What is needed:
Work through the records below and copy every line that includes "index".

Data supplied:
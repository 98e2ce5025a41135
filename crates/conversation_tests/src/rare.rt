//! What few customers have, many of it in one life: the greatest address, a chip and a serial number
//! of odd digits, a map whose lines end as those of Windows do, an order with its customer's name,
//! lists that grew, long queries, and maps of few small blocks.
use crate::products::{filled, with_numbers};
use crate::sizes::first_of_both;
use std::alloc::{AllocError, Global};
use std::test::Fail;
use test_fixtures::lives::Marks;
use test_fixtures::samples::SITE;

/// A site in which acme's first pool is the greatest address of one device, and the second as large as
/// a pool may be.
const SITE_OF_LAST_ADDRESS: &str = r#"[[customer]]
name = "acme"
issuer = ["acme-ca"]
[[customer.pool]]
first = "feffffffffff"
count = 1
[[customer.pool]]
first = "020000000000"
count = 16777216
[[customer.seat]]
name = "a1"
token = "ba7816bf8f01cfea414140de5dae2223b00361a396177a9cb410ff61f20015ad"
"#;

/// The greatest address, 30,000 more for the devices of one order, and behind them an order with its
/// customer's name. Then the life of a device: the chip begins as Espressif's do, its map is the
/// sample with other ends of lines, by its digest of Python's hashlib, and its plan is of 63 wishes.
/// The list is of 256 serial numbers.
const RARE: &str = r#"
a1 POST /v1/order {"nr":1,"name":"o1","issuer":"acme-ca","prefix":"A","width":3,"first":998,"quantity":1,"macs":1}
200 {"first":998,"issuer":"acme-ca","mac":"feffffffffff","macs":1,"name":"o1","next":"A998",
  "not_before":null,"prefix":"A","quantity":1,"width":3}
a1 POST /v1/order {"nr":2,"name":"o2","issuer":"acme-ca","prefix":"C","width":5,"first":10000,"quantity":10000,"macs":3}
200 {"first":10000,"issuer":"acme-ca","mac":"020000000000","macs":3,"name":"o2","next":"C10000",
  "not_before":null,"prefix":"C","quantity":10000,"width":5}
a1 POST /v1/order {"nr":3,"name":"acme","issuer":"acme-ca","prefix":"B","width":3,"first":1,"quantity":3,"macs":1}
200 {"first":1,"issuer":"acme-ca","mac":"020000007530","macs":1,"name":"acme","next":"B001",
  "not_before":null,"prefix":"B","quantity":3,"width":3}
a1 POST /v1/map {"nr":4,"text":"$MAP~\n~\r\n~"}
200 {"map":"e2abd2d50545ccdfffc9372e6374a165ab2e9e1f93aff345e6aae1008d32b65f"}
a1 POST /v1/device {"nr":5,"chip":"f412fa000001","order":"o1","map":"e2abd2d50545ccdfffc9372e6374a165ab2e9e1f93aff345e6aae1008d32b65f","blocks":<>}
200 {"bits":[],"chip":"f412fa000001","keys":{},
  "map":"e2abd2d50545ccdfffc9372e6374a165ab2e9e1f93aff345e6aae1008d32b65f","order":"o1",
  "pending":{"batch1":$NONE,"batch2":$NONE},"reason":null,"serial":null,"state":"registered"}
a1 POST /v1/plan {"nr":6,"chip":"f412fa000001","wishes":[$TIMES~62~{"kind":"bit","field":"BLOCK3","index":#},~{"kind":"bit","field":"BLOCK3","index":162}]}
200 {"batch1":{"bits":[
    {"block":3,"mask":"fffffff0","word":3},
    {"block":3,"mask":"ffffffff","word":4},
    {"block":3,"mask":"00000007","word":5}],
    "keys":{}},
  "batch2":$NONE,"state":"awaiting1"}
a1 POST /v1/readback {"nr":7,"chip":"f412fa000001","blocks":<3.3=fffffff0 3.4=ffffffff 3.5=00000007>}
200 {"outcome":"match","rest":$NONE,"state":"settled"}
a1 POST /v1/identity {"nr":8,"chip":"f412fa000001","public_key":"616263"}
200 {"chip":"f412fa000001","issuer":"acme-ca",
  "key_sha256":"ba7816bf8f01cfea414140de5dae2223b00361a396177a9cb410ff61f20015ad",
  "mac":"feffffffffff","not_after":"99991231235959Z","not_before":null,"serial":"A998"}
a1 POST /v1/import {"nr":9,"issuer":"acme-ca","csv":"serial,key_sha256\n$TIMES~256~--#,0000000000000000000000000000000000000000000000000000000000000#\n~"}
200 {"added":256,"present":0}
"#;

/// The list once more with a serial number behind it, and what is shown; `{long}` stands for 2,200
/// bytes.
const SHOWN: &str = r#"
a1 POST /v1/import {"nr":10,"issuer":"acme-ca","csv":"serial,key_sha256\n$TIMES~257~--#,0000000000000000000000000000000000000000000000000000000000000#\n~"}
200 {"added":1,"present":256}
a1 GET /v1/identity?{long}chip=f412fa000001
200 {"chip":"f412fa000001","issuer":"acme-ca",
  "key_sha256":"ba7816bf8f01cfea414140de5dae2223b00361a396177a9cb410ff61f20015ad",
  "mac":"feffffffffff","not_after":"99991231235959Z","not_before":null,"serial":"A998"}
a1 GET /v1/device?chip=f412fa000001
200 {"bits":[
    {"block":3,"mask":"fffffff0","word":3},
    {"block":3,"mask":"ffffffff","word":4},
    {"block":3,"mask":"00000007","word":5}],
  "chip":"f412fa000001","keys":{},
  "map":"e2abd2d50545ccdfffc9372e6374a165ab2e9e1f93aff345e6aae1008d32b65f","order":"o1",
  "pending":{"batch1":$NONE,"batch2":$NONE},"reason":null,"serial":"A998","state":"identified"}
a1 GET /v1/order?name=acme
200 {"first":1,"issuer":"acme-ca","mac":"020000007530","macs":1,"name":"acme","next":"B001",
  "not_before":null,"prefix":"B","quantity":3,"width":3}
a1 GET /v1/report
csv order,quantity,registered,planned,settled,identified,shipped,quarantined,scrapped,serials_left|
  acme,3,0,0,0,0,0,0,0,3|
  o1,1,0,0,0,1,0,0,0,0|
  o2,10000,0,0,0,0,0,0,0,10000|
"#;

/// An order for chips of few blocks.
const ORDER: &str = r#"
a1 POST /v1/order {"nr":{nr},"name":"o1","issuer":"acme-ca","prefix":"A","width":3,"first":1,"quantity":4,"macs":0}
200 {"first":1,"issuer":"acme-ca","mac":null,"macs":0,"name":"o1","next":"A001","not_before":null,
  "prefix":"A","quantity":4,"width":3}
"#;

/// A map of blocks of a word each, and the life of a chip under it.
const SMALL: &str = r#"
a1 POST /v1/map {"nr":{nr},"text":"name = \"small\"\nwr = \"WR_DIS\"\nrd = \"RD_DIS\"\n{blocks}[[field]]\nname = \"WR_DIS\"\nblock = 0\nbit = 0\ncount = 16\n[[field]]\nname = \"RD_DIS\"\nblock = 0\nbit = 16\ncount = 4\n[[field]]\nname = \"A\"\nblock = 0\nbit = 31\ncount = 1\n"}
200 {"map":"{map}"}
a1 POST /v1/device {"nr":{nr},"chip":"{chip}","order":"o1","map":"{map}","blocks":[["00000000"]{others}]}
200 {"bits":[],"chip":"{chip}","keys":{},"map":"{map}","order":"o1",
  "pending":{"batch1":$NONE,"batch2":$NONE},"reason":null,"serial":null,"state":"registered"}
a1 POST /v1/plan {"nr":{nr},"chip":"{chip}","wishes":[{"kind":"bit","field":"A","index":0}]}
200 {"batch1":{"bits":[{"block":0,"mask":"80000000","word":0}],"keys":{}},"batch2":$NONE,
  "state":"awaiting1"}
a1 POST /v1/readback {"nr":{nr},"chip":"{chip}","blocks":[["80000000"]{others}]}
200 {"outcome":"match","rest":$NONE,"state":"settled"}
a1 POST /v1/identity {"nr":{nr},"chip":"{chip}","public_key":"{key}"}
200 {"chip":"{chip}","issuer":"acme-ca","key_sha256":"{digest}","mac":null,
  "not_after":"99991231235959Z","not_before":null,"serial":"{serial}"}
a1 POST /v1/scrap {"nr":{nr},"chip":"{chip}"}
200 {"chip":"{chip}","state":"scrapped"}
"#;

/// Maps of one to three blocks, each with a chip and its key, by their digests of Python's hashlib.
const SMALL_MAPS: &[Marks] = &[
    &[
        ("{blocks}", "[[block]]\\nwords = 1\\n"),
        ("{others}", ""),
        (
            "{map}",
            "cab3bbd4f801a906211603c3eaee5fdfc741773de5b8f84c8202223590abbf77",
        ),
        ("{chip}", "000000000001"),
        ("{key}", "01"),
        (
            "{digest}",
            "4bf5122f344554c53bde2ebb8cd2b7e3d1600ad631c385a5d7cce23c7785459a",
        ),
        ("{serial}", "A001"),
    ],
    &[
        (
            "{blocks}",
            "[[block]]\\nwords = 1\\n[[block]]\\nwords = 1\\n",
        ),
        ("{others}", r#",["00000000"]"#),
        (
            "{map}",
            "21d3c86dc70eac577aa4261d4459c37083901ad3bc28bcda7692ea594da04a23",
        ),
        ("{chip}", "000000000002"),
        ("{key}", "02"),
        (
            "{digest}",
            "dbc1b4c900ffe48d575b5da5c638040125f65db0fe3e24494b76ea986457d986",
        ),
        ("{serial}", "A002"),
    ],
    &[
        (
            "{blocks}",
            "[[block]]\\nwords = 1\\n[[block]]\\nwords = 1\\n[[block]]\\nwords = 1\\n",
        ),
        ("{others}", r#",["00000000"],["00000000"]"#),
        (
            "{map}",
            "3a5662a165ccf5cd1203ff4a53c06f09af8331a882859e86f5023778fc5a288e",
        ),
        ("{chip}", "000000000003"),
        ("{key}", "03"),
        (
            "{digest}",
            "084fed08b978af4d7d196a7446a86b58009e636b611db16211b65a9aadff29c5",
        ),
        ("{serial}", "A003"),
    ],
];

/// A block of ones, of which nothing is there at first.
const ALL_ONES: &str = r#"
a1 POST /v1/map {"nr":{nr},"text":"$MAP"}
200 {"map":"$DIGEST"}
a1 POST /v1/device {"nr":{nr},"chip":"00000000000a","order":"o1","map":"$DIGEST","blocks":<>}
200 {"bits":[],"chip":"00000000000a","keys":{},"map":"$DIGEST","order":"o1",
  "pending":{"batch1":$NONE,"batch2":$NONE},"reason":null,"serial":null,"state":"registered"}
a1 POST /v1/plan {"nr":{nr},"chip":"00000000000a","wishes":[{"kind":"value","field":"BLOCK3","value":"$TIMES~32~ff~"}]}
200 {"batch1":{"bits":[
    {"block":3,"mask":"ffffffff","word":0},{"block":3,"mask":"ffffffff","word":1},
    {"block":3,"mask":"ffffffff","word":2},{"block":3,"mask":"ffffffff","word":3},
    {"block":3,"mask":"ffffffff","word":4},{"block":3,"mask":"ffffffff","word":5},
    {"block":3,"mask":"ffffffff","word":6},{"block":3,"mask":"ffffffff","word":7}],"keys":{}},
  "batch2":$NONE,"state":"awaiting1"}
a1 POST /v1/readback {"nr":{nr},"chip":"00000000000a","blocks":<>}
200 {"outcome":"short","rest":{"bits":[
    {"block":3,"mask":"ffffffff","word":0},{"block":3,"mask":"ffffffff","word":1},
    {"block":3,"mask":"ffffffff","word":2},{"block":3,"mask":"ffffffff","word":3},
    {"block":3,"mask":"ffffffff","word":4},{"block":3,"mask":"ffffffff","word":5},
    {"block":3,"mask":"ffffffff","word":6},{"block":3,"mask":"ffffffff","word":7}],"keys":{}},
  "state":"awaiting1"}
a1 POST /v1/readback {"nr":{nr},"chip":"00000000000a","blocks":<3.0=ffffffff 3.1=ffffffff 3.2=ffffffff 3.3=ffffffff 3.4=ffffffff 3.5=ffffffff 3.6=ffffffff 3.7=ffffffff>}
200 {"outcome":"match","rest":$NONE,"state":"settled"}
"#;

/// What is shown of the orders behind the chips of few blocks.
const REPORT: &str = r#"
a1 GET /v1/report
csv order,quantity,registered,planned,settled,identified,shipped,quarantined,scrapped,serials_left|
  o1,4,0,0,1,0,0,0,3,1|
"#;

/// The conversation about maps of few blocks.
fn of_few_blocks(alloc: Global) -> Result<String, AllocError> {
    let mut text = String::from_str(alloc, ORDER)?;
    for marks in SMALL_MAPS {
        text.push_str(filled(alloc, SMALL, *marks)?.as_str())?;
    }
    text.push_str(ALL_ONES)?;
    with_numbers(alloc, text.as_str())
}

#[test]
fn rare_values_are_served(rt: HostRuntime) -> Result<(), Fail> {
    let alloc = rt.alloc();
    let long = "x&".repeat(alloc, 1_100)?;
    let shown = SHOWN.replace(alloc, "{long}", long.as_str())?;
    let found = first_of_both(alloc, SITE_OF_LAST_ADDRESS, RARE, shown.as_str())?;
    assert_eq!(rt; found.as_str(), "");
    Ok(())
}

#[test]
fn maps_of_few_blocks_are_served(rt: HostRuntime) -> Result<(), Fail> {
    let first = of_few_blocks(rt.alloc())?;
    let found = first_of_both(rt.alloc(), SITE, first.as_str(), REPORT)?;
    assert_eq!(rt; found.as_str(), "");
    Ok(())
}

Solution to the problem:
a1 POST /v1/plan {"nr":6,"chip":"f412fa000001","wishes":[$TIMES~62~{"kind":"bit","field":"BLOCK3","index":#},~{"kind":"bit","field":"BLOCK3","index":162}]}
a1 POST /v1/plan {"nr":{nr},"chip":"{chip}","wishes":[{"kind":"bit","field":"A","index":0}]}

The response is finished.